INSTRUCTIONS FOR THE TASK
Read the data below line by line and copy each one with "MayBeTaken" in it.

Collected data
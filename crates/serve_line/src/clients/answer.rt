ghost use Rattle.std.specs.Option.{option_map_or};
ghost use Rattle.std.specs.Prelude.{◌≡◌, option_map, IfOk, IfSome, OnErr};
ghost use Rattle.serve_line.specs.Commits.{IsAnswer, IsAnswerTo, IsShowAnswer, IsShowText, journal_fault};
ghost use Rattle.serve_line.specs.Commits.{MayBeDone, MayBeTaken};
ghost use Rattle.serve_control.specs.Answers.{IsCommitPrint};
ghost use Rattle.serve_line.specs.Journaling.Waiting.{awaited};

use crate::state::{CentreSink, Server, Slot};
use crate::status::{show, write_life};
use rbc_line::Line;
use rbc_node::{Share, ShareFault};
use serve_control::{Command, print_commit};
use serve_journal::{Opened, Sealed};
use serve_workers::writing::Release;
use std::alloc::{AllocError, Global};
use std::sync::Wait;
use text_script::status::{Fault, PrintFault};
use text_script::{Event, Outcome, WorldEvent};

/// The answer to a line that has no valid form.
pub(crate) const SCRIPT_FAULT: &str = "script fault\n";

/// The answer to a line if a journal can't be written. Either the event was not taken, or the line of centres ended
/// before the event was written.
const JOURNAL_FAULT: &str = "journal fault\n";

/// A connection at the control endpoint: the server, and the slot of the connection.
#[derive(Clone, Copy)]
pub(crate) struct Served<'a, 'h> {
    pub server: &'a Server<'h>,
    pub slot: &'a Slot,
}

/// Performs the command of a line at the control endpoint. The answer is the text that a run prints for it, once the
/// journals keep all that it shows. The answer to a refused commit is the number of the fault.
pub(crate) fn answer<R: Wait>(
    rt: &R,
    served: Served<'_, '_>,
    shares: &mut [Share],
    command: Command,
) -> Result<Opened<Vec<u8>>, Fault<'static>>
    ensures ok { IfOk result
        (λ opened. IsAnswerTo served.entry command shares.old shares.new opened.answer.items) }
    ensures err { OnErr result (MayBeDone served.entry.server.now.nodes.now command shares.old shares.new) }
{
    match command {
        Command::Nothing | Command::Stop | Command::StopNow => Ok(Opened::nothing(
            served.server.alloc,
        )),
        Command::Show => show_written(rt, served.server, served.slot),
        Command::Set { centre, section } => {
            let event = WorldEvent::Set { centre, section };
            commit(rt, served, shares, centre, Event::Set(section), &event)
        }
        Command::Unset { centre, section } => {
            let event = WorldEvent::Unset { centre, section };
            commit(rt, served, shares, centre, Event::Unset(section), &event)
        }
    }
}

/// A text that shows no event.
pub(crate) fn fixed(alloc: Global, text: &'static str) -> Result<Opened<Vec<u8>>, AllocError>
    ensures { IfOk result (λ opened. opened.answer.items ≡ text.entry.now) }
{
    let mut opened = Opened::nothing(alloc);
    opened.add_fixed(text)?;
    Ok(opened)
}

// Shows the line, after the journals have each event that it shows. If a journal can't be written, nothing is shown.
fn show_written<R: Wait>(
    rt: &R,
    server: &Server<'_>,
    slot: &Slot,
) -> Result<Opened<Vec<u8>>, Fault<'static>>
    ensures { IfOk result (λ opened. IsShowAnswer server.now opened.answer.items) }
{
    let text = show_text(rt, server)?;
    let is_waiting = slot.is_reserve && server.sinks.iter().any(|sink| sink.queue.is_long());
    if is_waiting {
        return Ok(fixed(server.alloc, JOURNAL_FAULT)?);
    }
    Ok(kept_or_fault(server.alloc, server.open_kept(rt, text))?)
}

// The line as the centres show it, and the usage of the centres if the options ask for it.
fn show_text<R: Wait>(rt: &R, server: &Server<'_>) -> Result<Vec<u8>, Fault<'static>>
    ensures { IfOk result (λ text. IsShowText server.now.line.now server.now.nodes.now
        server.now.options.shows_life text.items) }
{
    let (alloc, line, nodes) = (server.alloc, server.line, server.nodes);
    let mut text = Vec::new(alloc);
    show(rt, alloc, line, nodes, server.mentions, &mut text)?;
    if server.options.shows_life {
        write_life(rt, line, nodes, &mut text)?;
    }
    Ok(text)
}

// Commits an event of the interlocking at a centre.
fn commit<R: Wait>(
    rt: &R,
    served: Served<'_, '_>,
    shares: &mut [Share],
    centre: u8,
    event: Event,
    printed: &WorldEvent,
) -> Result<Opened<Vec<u8>>, Fault<'static>>
    ensures ok { IfOk result
        (λ opened. IsAnswer served.entry centre event printed.now shares.old shares.new opened.answer.items) }
    ensures err { OnErr result (MayBeTaken served.entry.server.now.nodes.now centre event shares.old shares.new) }
{
    let Served { server, slot } = served;
    let place = centre as usize;
    let Some(committer) = server.committer(centre) else {
        return Ok(Opened::nothing(server.alloc));
    };
    if place >= shares.len() {
        return Ok(Opened::nothing(server.alloc));
    }
    let sink = committer.sink;
    let is_waiting = slot.is_reserve && sink.queue.is_long();
    if is_waiting || server.is_stuck(rt, centre) {
        return Ok(fixed(server.alloc, JOURNAL_FAULT)?);
    }
    let answer = committer.commit(rt, &mut shares[place], event);
    let sealed = sealed_answer(server.alloc, server.line, sink, centre, printed, &answer)?;
    Ok(kept_or_fault(server.alloc, opened_by(rt, sink, sealed))?)
}

// Opens an answer once the journal keeps its event. `None` if the journal was given up first.
fn opened_by<R: Wait>(
    rt: &R,
    sink: &CentreSink<'_>,
    sealed: Sealed<Vec<u8>>,
) -> Option<Opened<Vec<u8>>>
    ensures { IfSome result (λ opened. opened.answer ≡ sealed.answer) }
{
    let kept = sink.reaches(rt, sealed.stamp())?;
    sealed.open(&kept)
}

// This answer; without one, that a journal can't be written.
fn kept_or_fault(
    alloc: Global,
    opened: Option<Opened<Vec<u8>>>,
) -> Result<Opened<Vec<u8>>, AllocError>
    ensures { IfOk result (λ answer. answer.answer.items
        ≡ option_map_or (λ kept. kept.answer.items) opened journal_fault) }
{
    match opened {
        Some(opened) => Ok(opened),
        None => fixed(alloc, JOURNAL_FAULT),
    }
}

// The answer to an event of the interlocking at a centre. If the event was committed, the answer waits for it.
fn sealed_answer(
    alloc: Global,
    line: &Line,
    sink: &CentreSink<'_>,
    centre: u8,
    event: &WorldEvent,
    answer: &Result<Outcome, ShareFault>,
) -> Result<Sealed<Vec<u8>>, PrintFault>
    ensures print { IfOk result (λ sealed. IsCommitPrint line.now centre event.now answer.now sealed.answer.items) }
    ensures centre { IfOk result (λ sealed. sealed.centre ≡ centre) }
    ensures stamp { IfOk result (λ sealed. IfOk answer.now
        (λ outcome. sealed.stamp ≡ awaited (option_map (λ j. j.now.begun) sink.now.journal) outcome.stamp)) }
{
    let mut text = Vec::new(alloc);
    print_commit(alloc, &mut text, line, centre, event, answer)?;
    let stamp = match answer {
        Ok(outcome) => sink.awaited(outcome.stamp),
        Err(_) => 0,
    };
    Ok(Sealed::new(text, centre, stamp))
}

REPLY TO THE EXERCISE
ghost use Rattle.serve_line.specs.Commits.{MayBeDone, MayBeTaken};
    ensures err { OnErr result (MayBeTaken served.entry.server.now.nodes.now centre event shares.old shares.new) }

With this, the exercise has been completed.